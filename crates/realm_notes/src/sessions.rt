//! The realm's numbers of its sessions.
ghost use Rattle.std.specs.Prelude.{◌≡◌, IfOk};
ghost use Rattle.base.specs.NumberMap.{get, insert};

use base::NoMemory;
use std::collections::BTreeMap;

/// The number that is kept for this one, if one is.
pub(crate) fn number_at(numbers: &BTreeMap<u32, u32>, at: u32) -> Option<u32>
    ensures { result ≡ get numbers.now.entries at }
{
    numbers.get(&at).copied()
}

/// Keeps a number for this one.
pub(crate) fn keep(numbers: &mut BTreeMap<u32, u32>, at: u32, number: u32) -> Result<(), NoMemory>
    ensures { IfOk result (λ _. numbers.new.entries ≡ insert numbers.old.entries at number) }
{
    numbers.insert(at, number)?;
    Ok(())
}
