//! Calls that no program makes: the kernel calls `take_pages` and `take_params` in the place of `walk_pages` and `copy_in`, and
//! a play of signals is tested by others.

use crate::{bytes_of, number};
use anyhow::{Context, Result, bail};
use msg_args::{MsgParam, ParamKind};
use native_tas::program_natives;
use notif::{Desk, Noted};
use ns_ram::{Lane, in_ram, walk_pages};
use param_copy::{Copied, copy_in};
use shm_registry::Registry;
use std::alloc::{AllocError, Global};
use std::fmt::Write;
use ta_params::GpParam;

/// A number in hexadecimal digits.
fn address(word: &str) -> Result<u64> {
    u64::from_str_radix(word, 16)
        .ok()
        .context("reading an address")
}

/// RAM in which these bytes stand at this address.
fn lane_of(alloc: Global, addr: u64, bytes: &[u8]) -> Result<Lane> {
    if !in_ram(addr, bytes.len() as u64) {
        bail!("bytes outside of RAM");
    }
    let mut lane = Lane::new(alloc)?;
    lane.write(addr, bytes);
    Ok(lane)
}

/// The pages of a list, as `pages LIST COUNT ADDRESS DIGITS` has it.
pub(crate) fn pages_told(alloc: Global, row: &str) -> Result<String> {
    let words: Vec<&str> = row.split(' ').collect(alloc)?;
    let [list, count, addr, digits] = words.as_slice() else {
        bail!("pages have four words");
    };
    let (list, count, addr) = (address(list)?, number(count)?, address(addr)?);
    if count > 1024 {
        bail!("too many pages");
    }
    let lane = lane_of(alloc, addr, bytes_of(alloc, digits)?.as_slice())?;
    let pages = walk_pages(alloc, &lane, list, count)?;
    let mut told = String::new(alloc);
    for page in pages.as_slice() {
        write!(told, "{page:x} ")?;
    }
    Ok(told)
}

/// A buffer that comes in, of this address and size.
fn buffer(addr: u64, size: u64) -> MsgParam {
    MsgParam {
        kind: ParamKind::TmemIn,
        p: addr,
        q: size,
        ..MsgParam::default()
    }
}

/// The bytes of the first parameter, and how many reads were made.
fn copied_told(alloc: Global, copied: &Copied) -> Result<String> {
    let reads = copied.reads.as_slice().len();
    let GpParam::Memref { buf, size, .. } = &copied.params.p0 else {
        bail!("no buffer was copied");
    };
    let digits = hex::encode(alloc, buf.bytes())?;
    format!(in alloc; "{size} bytes {digits}, {reads} reads").context("telling a copy")
}

/// What is copied of a buffer, as `copy ADDRESS SIZE DIGITS` has it.
pub(crate) fn copy_told(alloc: Global, row: &str) -> Result<String> {
    let words: Vec<&str> = row.split(' ').collect(alloc)?;
    let [addr, size, digits] = words.as_slice() else {
        bail!("a copy has three words");
    };
    let (addr, size) = (address(addr)?, number(size)?);
    let lane = lane_of(alloc, addr, bytes_of(alloc, digits)?.as_slice())?;
    let registry = Registry::new(alloc)?;
    let copied = copy_in(alloc, &lane, &registry, &[buffer(addr, u64::from(size))], 0)?;
    copied_told(alloc, &copied)
}

/// A desk with the program's driver, whose value is 1, at which signals count.
fn desk_of(alloc: Global) -> Result<Desk> {
    let natives = program_natives!(alloc)?;
    let mut desk = Desk::new(alloc, &natives)?;
    desk.enable();
    Ok(desk)
}

/// Signals a value.
fn signal(desk: &mut Desk, word: &str) -> Result<()> {
    let value = number(word)?;
    if value == 0 || value > 63 {
        bail!("no value of a signal");
    }
    desk.signal(value);
    Ok(())
}

/// Tells what a desk tells next.
fn tell_next(told: &mut String, noted: Option<Noted>) -> Result<(), AllocError> {
    match noted {
        Some(Noted { value, more: true }) => write!(told, "{value} and more, "),
        Some(Noted { value, more: false }) => write!(told, "{value}, "),
        None => told.push_str("nothing"),
    }
}

/// What a desk tells next, three times, after these signals.
pub(crate) fn desk_told(alloc: Global, row: &str) -> Result<String> {
    let mut desk = desk_of(alloc)?;
    for word in row.split(' ') {
        signal(&mut desk, word)?;
    }
    let mut told = String::new(alloc);
    for _ in 0..3 {
        tell_next(&mut told, desk.next())?;
    }
    Ok(told)
}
◆ ◆ ◆ ◆ ◆
Would you please copy all lines in the data that contain the word "Option"?

**Result:**
pub(crate) fn number_at(numbers: &BTreeMap<u32, u32>, at: u32) -> Option<u32>
fn tell_next(told: &mut String, noted: Option<Noted>) -> Result<(), AllocError> {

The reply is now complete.